Disclosures DKH, JS, JC, LB, AY, AC, DE, HM, and RRG have no known competing financial interests or personal relationships that could have appeared to influence the work reported in this paper. LEJ would like to disclose consulting work with Zimmer Biomet for training of Community Health Workers in motivational interviewing for a project to increase physical activity in disadvantaged populations of women with osteoarthritis.
Funding Research reported in this publication was supported by the National Institute Of Arthritis And Musculoskeletal And Skin Diseases of the National Institutes of Health under Award Numbers R01AR071091- 02S1 and P30AR072579. The content is solely the responsibility of the authors and does not necessarily represent the official views of the National Institutes of Health.
Background/Purpose Evidence suggests that physical activity is a modifiable lifestyle behavior that helps manage the manifestations of systemic lupus erythematosus (SLE). However, persons with SLE are often physically inactive. There is a need to identify variables grounded in a well-developed theory associated with physical activity in persons with SLE, to identify correlates, targets, and behavior change strategies. This study examines the social cognitive theory (SCT) correlates of physical activity in persons with SLE.

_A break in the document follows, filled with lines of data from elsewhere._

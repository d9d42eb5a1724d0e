// The codes of a column's rows, as snapshots share them.
ghost use Rattle.std.specs.Prelude.{◌≡◌, ◌<◌, [], ◌++◌, length, take, slice_index, IfOk};
ghost use Rattle.rel_base.specs.LentCodes.{lent};
ghost use Rattle.row_log.specs.Codes.{codes_of, shared_of, IsCodeList};

use rel_base::{CodeSlice, Codes, PackedCodes};
use std::alloc::{AllocError, Global};
use std::sync::Arc;

// How many codes stand beside the shared ones before they are put together with them: so many are copied for a snapshot, and all
// codes of the column once in so many rows.
const MOST_OWN: usize = 1024;

// The codes of a column's rows, in order: the first of a list that snapshots share, and those of rows that came since.
//
// So a snapshot copies a thousand codes a column at most, however many rows there are. What is shared is never changed: where rows
// go that stand in it, fewer of it are kept.
#[derive(Drop)]
pub struct CodeList {
    pub shared: Option<Arc<PackedCodes>>,
    pub kept: usize,
    pub own: Vec<u32>,
}

impl CodeList {
    // No codes.
    pub fn new(alloc: Global) -> CodeList
        ensures list { IsCodeList result }
        ensures codes { codes_of result ≡ [] }
    {
        CodeList {
            shared: None,
            kept: 0,
            own: Vec::new(alloc),
        }
    }

    // The codes that are shared and kept.
    fn older(&self) -> CodeSlice<'_>
        requires { IsCodeList self.now }
        ensures { lent result ≡ take self.now.kept (shared_of self.now) }
    {
        match &self.shared {
            Some(shared) => shared.lend().between(0, self.kept),
            None => CodeSlice::none(),
        }
    }

    // All codes, in two lists of which the second goes on behind the first.
    pub fn parts(&self) -> (CodeSlice<'_>, &[u32])
        requires { IsCodeList self.now }
        ensures { lent result.0 ++ result.1.now ≡ codes_of self.now }
    {
        (self.older(), self.own.as_slice())
    }

    // How many there are.
    pub fn len(&self) -> usize
        requires { IsCodeList self.now }
        ensures { result ≡ length (codes_of self.now) }
    {
        let (older, own) = self.parts();
        older.len() + own.len()
    }

    // The code at a place.
    pub fn get(&self, place: usize) -> u32
        requires list { IsCodeList self.now }
        requires place { place < length (codes_of self.now) }
        ensures { result ≡ slice_index (codes_of self.now) place }
    {
        let (older, own) = self.parts();
        code_in(older, own, place)
    }

    // Drops the codes from a place on, which takes no memory.
    pub fn truncate(&mut self, rows: usize)
        requires { IsCodeList self.old }
        ensures list { IsCodeList self.new }
        ensures codes { codes_of self.new ≡ take rows (codes_of self.old) }
    {
        if rows < self.kept {
            self.kept = rows;
            self.own.truncate(0);
        } else {
            self.own.truncate(rows - self.kept);
        }
    }

    // The codes for a snapshot, which shares what is shared and copies the others. Where some of what is shared went, it copies all.
    pub fn handed(&self, alloc: Global) -> Result<Codes, AllocError>
        requires { IsCodeList self.now }
        ensures { IfOk result (λ codes. codes ≡ codes_of self.now) }
    {
        match &self.shared {
            Some(shared) if shared.lend().len() == self.kept => Ok(Codes::behind(
                shared.clone()?,
                Vec::from_slice(alloc, &self.own)?,
            )),
            _ => Ok(Codes::of(self.joined(alloc)?)),
        }
    }

    // Puts all codes into one list to be shared, where those beside it are many or some of it went. Where memory is wanting they
    // stay as they are.
    pub fn share(&mut self, alloc: Global)
        requires { IsCodeList self.old }
        ensures list { IsCodeList self.new }
        ensures codes { codes_of self.new ≡ codes_of self.old }
    {
        if !self.is_scattered() {
            return;
        }
        let Ok(all) = self.joined(alloc) else {
            return;
        };
        let kept = all.len();
        let Ok(packed) = PackedCodes::of(alloc, all) else {
            return;
        };
        let Ok(shared) = Arc::new(alloc, packed) else {
            return;
        };
        self.shared = Some(shared);
        self.kept = kept;
        self.own = Vec::new(alloc);
    }

    // Whether many codes stand beside the shared ones, or some of those went.
    fn is_scattered(&self) -> bool {
        let shared = match &self.shared {
            Some(shared) => shared.lend().len(),
            None => 0,
        };
        self.own.len() > MOST_OWN || self.kept < shared
    }

    // A copy of all codes.
    fn joined(&self, alloc: Global) -> Result<Vec<u32>, AllocError>
        requires { IsCodeList self.now }
        ensures { IfOk result (λ codes. codes.items ≡ codes_of self.now) }
    {
        let (older, own) = self.parts();
        let mut codes = Vec::with_capacity(alloc, older.len() + own.len())?;
        for place in 0..older.len() {
            codes.push(older.get(place))?;
        }
        codes.extend_from_slice(own)?;
        Ok(codes)
    }
}

// The code at a place of two lists of which the second goes on behind the first.
pub fn code_in(older: CodeSlice<'_>, own: &[u32], place: usize) -> u32
    requires { place < length (lent older ++ own.now) }
    ensures { result ≡ slice_index (lent older.entry ++ own.now) place }
{
    if place < older.len() {
        older.get(place)
    } else {
        own[place - older.len()]
    }
}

Methods The Lupus Intervention Fatigue Trial (LIFT) is a Phase II ongoing study designed to mitigate fatigue by increasing physical activity. Data for the analysis presented here are from LIFT’s baseline visit. All participants satisfied American College of Rheumatology or Systemic Lupus International Collaborating Clinics classification criteria for SLE. Participants completed questionnaires to assess physical activity and SCT variables: exercise self-efficacy (EXSE), outcome expectations, exercise goal-setting (EGS), and physical function. Participants wore an ActiGraph GT3X accelerometer for 7 days, and Troiano cutpoints were used for moderate-to-vigorous physical activity (MVPA). Estimated associations between MVPA, Godin Leisure-Time Exercise Questionnaire Health Contribution Score (GLTEQ HCS), and SCT variables were derived using Spearman correlations (r). For regression analyses, we conducted univariate analyses to identify SCT variables for inclusion in multiple regression models of each outcome (selection criterion: p ≤0.2). We then used multivariable regression models to examine associations between selected SCT variables and physical activity outcomes: 1) due to skewness of MVPA, we used log(base10) transformed weekly MVPA minutes in the regression models; 2) logistic regression models were used for analysis of the Sufficiently Active outcome, defined as GLTEQ HCS ≥ 24.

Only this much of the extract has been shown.